ADVENT Post-Approval Study
Purpose
The ADVENT Post Approval Study (PAS) is a prospective, global, multicenter, observational study.
Condition
- Paroxysmal Atrial Fibrillation
Eligibility
- Eligible Ages
- Over 18 Years
- Eligible Genders
- All
- Accepts Healthy Volunteers
- No
Inclusion Criteria
- Subjects with drug-refractory, recurrent, symptomatic paroxysmal atrial fibrillation (PAF) who are indicated for a treatment with the FARAPULSE Pulsed Field Ablation (PFA) System*; (Subjects refractory, or intolerant or contraindicated to at least one class I or III antiarrhythmic medication or contraindicated to any class I or III medications.) - Subjects who are willing and capable of providing informed consent; - Subjects who are willing and capable of participating in all testing and follow-up associated with this clinical study at an approved clinical investigational site; - Subjects who are of legal age to give informed consent specific to the national law. - For the LUX-Dx Sub-Study: Subjects with an existing LUX-Dx Insertable Cardiac Monitor (ICM), inserted ≥ 180 days prior to enrollment, or having a LUX-Dx ICM inserted per the investigator's standard of care, up to 7 days after the ablation procedure.
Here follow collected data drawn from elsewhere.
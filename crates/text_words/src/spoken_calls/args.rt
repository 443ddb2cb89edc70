//! Arguments of calls.
ghost use Rattle.std.specs.Prelude.{IfOk};
ghost use Rattle.text_words.specs.Arg.{AddsArg};

use crate::{
    Reference, SpokenLabel, read_data, read_label, read_number, read_reference, read_rights,
    read_signed, read_types,
};
use base::{Data, Rights, TypeSet};
use std::alloc::{AllocError, Global};

/// What stands at a place of a call.
#[derive(Clone, Copy, PartialEq, Eq)]
pub enum ArgKind {
    /// An object.
    Object,
    /// A number below 2^32.
    Number,
    /// A number below 2^64.
    Wide,
    /// A number from -2^31, below 2^31.
    Signed,
    /// A label.
    Label,
    /// 0 to 64 bytes.
    Data,
    /// A set of kinds of objects.
    Types,
    /// What a mapping allows.
    Rights,
}

/// A value at a place of a call.
#[derive(Drop)]
pub enum Arg {
    /// An object, by its number or a name.
    Object(Reference),
    /// A number below 2^32.
    Number(u32),
    /// A number below 2^64.
    Wide(u64),
    /// A number from -2^31, below 2^31.
    Signed(i32),
    /// A label, as it is written.
    Label(SpokenLabel),
    /// 0 to 64 bytes.
    Data(Data),
    /// A set of kinds of objects.
    Types(TypeSet),
    /// What a mapping allows.
    Rights(Rights),
}

/// Adds the object that the word spells, and answers whether it spells one; otherwise nothing is added.
fn add_object(args: &mut Vec<Arg>, word: &[u8]) -> Result<bool, AllocError>
    ensures { IfOk result (AddsArg ArgKind.Object word.now args.old.items args.new.items) }
{
    let Some(reference) = read_reference(word) else {
        return Ok(false);
    };
    args.push(Arg::Object(reference))?;
    Ok(true)
}

/// Adds the number below 2^32, as `add_object` adds an object.
fn add_number(args: &mut Vec<Arg>, word: &[u8]) -> Result<bool, AllocError>
    ensures { IfOk result (AddsArg ArgKind.Number word.now args.old.items args.new.items) }
{
    let Some(number) = read_number(word, u32::MAX as u64) else {
        return Ok(false);
    };
    args.push(Arg::Number(number as u32))?;
    Ok(true)
}

/// Adds the number below 2^64, as `add_object` adds an object.
fn add_wide(args: &mut Vec<Arg>, word: &[u8]) -> Result<bool, AllocError>
    ensures { IfOk result (AddsArg ArgKind.Wide word.now args.old.items args.new.items) }
{
    let Some(number) = read_number(word, u64::MAX) else {
        return Ok(false);
    };
    args.push(Arg::Wide(number))?;
    Ok(true)
}

/// Adds the number with a sign, as `add_object` adds an object.
fn add_signed(args: &mut Vec<Arg>, word: &[u8]) -> Result<bool, AllocError>
    ensures { IfOk result (AddsArg ArgKind.Signed word.now args.old.items args.new.items) }
{
    let Some(number) = read_signed(word) else {
        return Ok(false);
    };
    args.push(Arg::Signed(number))?;
    Ok(true)
}

/// Adds the label, as `add_object` adds an object.
fn add_label(alloc: Global, args: &mut Vec<Arg>, word: &[u8]) -> Result<bool, AllocError>
    ensures { IfOk result (AddsArg ArgKind.Label word.now args.old.items args.new.items) }
{
    let Some(label) = read_label(alloc, word)? else {
        return Ok(false);
    };
    args.push(Arg::Label(label))?;
    Ok(true)
}

/// Adds the bytes, as `add_object` adds an object.
fn add_data(args: &mut Vec<Arg>, word: &[u8]) -> Result<bool, AllocError>
    ensures { IfOk result (AddsArg ArgKind.Data word.now args.old.items args.new.items) }
{
    let Some(bytes) = read_data(word) else {
        return Ok(false);
    };
    args.push(Arg::Data(bytes))?;
    Ok(true)
}

/// Adds the set of kinds, as `add_object` adds an object.
fn add_types(args: &mut Vec<Arg>, word: &[u8]) -> Result<bool, AllocError>
    ensures { IfOk result (AddsArg ArgKind.Types word.now args.old.items args.new.items) }
{
    let Some(set) = read_types(word) else {
        return Ok(false);
    };
    args.push(Arg::Types(set))?;
    Ok(true)
}

/// Adds the rights, as `add_object` adds an object.
fn add_rights(args: &mut Vec<Arg>, word: &[u8]) -> Result<bool, AllocError>
    ensures { IfOk result (AddsArg ArgKind.Rights word.now args.old.items args.new.items) }
{
    let Some(rights) = read_rights(word) else {
        return Ok(false);
    };
    args.push(Arg::Rights(rights))?;
    Ok(true)
}

/// Adds the value of the kind that the word spells, and answers whether it spells one; otherwise nothing is added.
pub fn add_arg(
    alloc: Global,
    args: &mut Vec<Arg>,
    kind: ArgKind,
    word: &[u8],
) -> Result<bool, AllocError>
    ensures { IfOk result (AddsArg kind word.now args.old.items args.new.items) }
{
    match kind {
        ArgKind::Object => add_object(args, word),
        ArgKind::Number => add_number(args, word),
        ArgKind::Wide => add_wide(args, word),
        ArgKind::Signed => add_signed(args, word),
        ArgKind::Label => add_label(alloc, args, word),
        ArgKind::Data => add_data(args, word),
        ArgKind::Types => add_types(args, word),
        ArgKind::Rights => add_rights(args, word),
    }
}
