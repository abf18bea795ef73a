//! Plans of commands that no key leads to, and characters that are kept.
use mg_plain::{Chars, Command, Direction, Kind, Notice, View, count_matches, find, plan};
use std::alloc::{AllocError, Global};

/// The characters of a text.
pub(crate) fn chars_of(alloc: Global, text: &str) -> Result<Vec<char>, AllocError> {
    text.chars().collect(alloc)
}

/// Whether the command's search fails where point is at the begin of the text.
fn is_refused(alloc: Global, text: &[char], command: &Command) -> bool {
    let view = View {
        text,
        point: 0,
        mark: None,
        kill: &[],
        goal: 0,
        last: Kind::Plain,
    };
    plan(alloc, command, 1, &view, 70).err() == Some(Notice::SearchFailed)
}

/// A search from behind a text of eleven characters, or a replacement by an `x`.
#[derive(Clone, Copy, Debug)]
enum Attempt {
    SearchForward,
    SearchBackward,
    ReplaceOne,
    ReplaceAll,
}

/// The command of an attempt.
fn command_of(alloc: Global, attempt: Attempt, pattern: &str) -> Result<Command, AllocError> {
    let pattern = copied(alloc, pattern)?;
    let put = copied(alloc, "x")?;
    match attempt {
        Attempt::SearchForward => Ok(Command::SearchForward { pattern, start: 12 }),
        Attempt::SearchBackward => Ok(Command::SearchBackward { pattern, start: 12 }),
        Attempt::ReplaceOne => Ok(Command::ReplaceOne { pattern, put }),
        Attempt::ReplaceAll => Ok(Command::ReplaceAll { pattern, put }),
    }
}

/// Whether there is the command, and its search fails so.
fn fails(alloc: Global, text: &str, attempt: Attempt, pattern: &str) -> bool {
    match command_of(alloc, attempt, pattern) {
        Ok(command) => fails_on(alloc, text, &command),
        Err(_) => false,
    }
}

fn fails_on(alloc: Global, text: &str, command: &Command) -> bool {
    match chars_of(alloc, text) {
        Ok(text) => is_refused(alloc, &text, command),
        Err(_) => false,
    }
}

#[test]
fn searches_behind_the_text_and_replacements_without_a_match_fail(rt: HostRuntime) {
    const ROWS: &[(&str, Attempt, &str)] = &[
        ("Foo bar foo", Attempt::SearchForward, ""),
        ("Foo bar foo", Attempt::SearchBackward, "foo"),
        ("a-a-a", Attempt::ReplaceOne, "a"),
        ("a-a-a", Attempt::ReplaceAll, "a"),
    ];
    for (text, attempt, pattern) in ROWS {
        assert!(rt; fails(rt.alloc(), text, *attempt, pattern), "{attempt:?}");
    }
}

/// Whether nothing is found of a pattern from behind a text on.
fn finds_nothing(text: &[char], pattern: &[char]) -> bool {
    let start = text.len().saturating_add(1);
    find(Direction::Forward, text, pattern, start) == None
        && find(Direction::Backward, text, pattern, start) == None
        && count_matches(text, pattern, start) == 0
}

#[test]
fn nothing_is_found_from_behind_the_text_on(rt: HostRuntime) {
    assert!(rt; finds_nothing(&['a', 'a', 'a', 'a'], &['a', 'a']), "two");
    assert!(rt; finds_nothing(&['a', 'a', 'a', 'a'], &[]), "none");
}

/// The characters of a text, copied in one piece.
fn copied(alloc: Global, text: &str) -> Result<Chars, AllocError> {
    Chars::from_slice(alloc, &chars_of(alloc, text)?)
}

/// The characters of a text, added one by one.
fn collected(alloc: Global, text: &str) -> Result<Chars, AllocError> {
    let mut chars = Chars::new(alloc);
    for c in text.chars() {
        chars.push(c)?;
    }
    Ok(chars)
}

/// Whether it is known of the characters of two texts, of which one is copied and one collected,
/// whether they are equal.
fn are_alike(alloc: Global, a: &str, b: &str, expected: bool) -> bool {
    match copied(alloc, a) {
        Ok(a) => is_collected(alloc, &a, b, expected),
        Err(_) => false,
    }
}

fn is_collected(alloc: Global, a: &Chars, b: &str, expected: bool) -> bool {
    match collected(alloc, b) {
        Ok(b) => (a.as_slice() == b.as_slice()) == expected,
        Err(_) => false,
    }
}

#[test]
fn characters_are_compared(rt: HostRuntime) {
    const ROWS: &[(&str, &str, bool)] = &[
        ("", "", true),
        ("foo", "foo", true),
        ("foo", "Foo", false),
        ("foo", "fo", false),
        ("", "f", false),
        ("é漢", "é漢", true),
    ];
    for (a, b, expected) in ROWS {
        assert!(rt; are_alike(rt.alloc(), a, b, *expected), "{a} {b}");
    }
}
Subjects with or having a LUX-Dx ICM inserted per standard of care, up to 7 days after the ablation procedure.
Exclusion Criteria
- Subjects with any known contraindication to an AF ablation or anticoagulation, including those listed in the Instructions For Use (IFU); - Subjects with any prior left atrium (LA) ablation; - Subjects who may need an ablation in the left atrium besides PVI, such as for left-sided atrioventricular reentrant tachycardia (AVRT), left-sided atrial tachycardia (AT) or atypical left-sided atrial flutter (AFL); - Women of childbearing potential who are or plan to become pregnant during the time of the study (assessment per investigator's discretion); - Life expectancy of < 1 year, per investigator's medical judgement.
Study Design
- Phase
- Study Type
- Observational
- Observational Model
- Cohort
- Time Perspective
- Prospective
Recruiting Locations
University of Texas Medical Branch
Galveston, Texas 77555-0737
Galveston, Texas 77555-0737
More Details
- Status
- Recruiting
- Sponsor
- Boston Scientific Corporation
Detailed Description
The objective of ADVENT PAS is to evaluate the long-term safety and effectiveness profile of the FARAPULSE Pulsed Field Ablation System when used to perform pulmonary vein isolation (PVI) in the de-novo ablation treatment of patients with paroxysmal atrial fibrillation (PAF).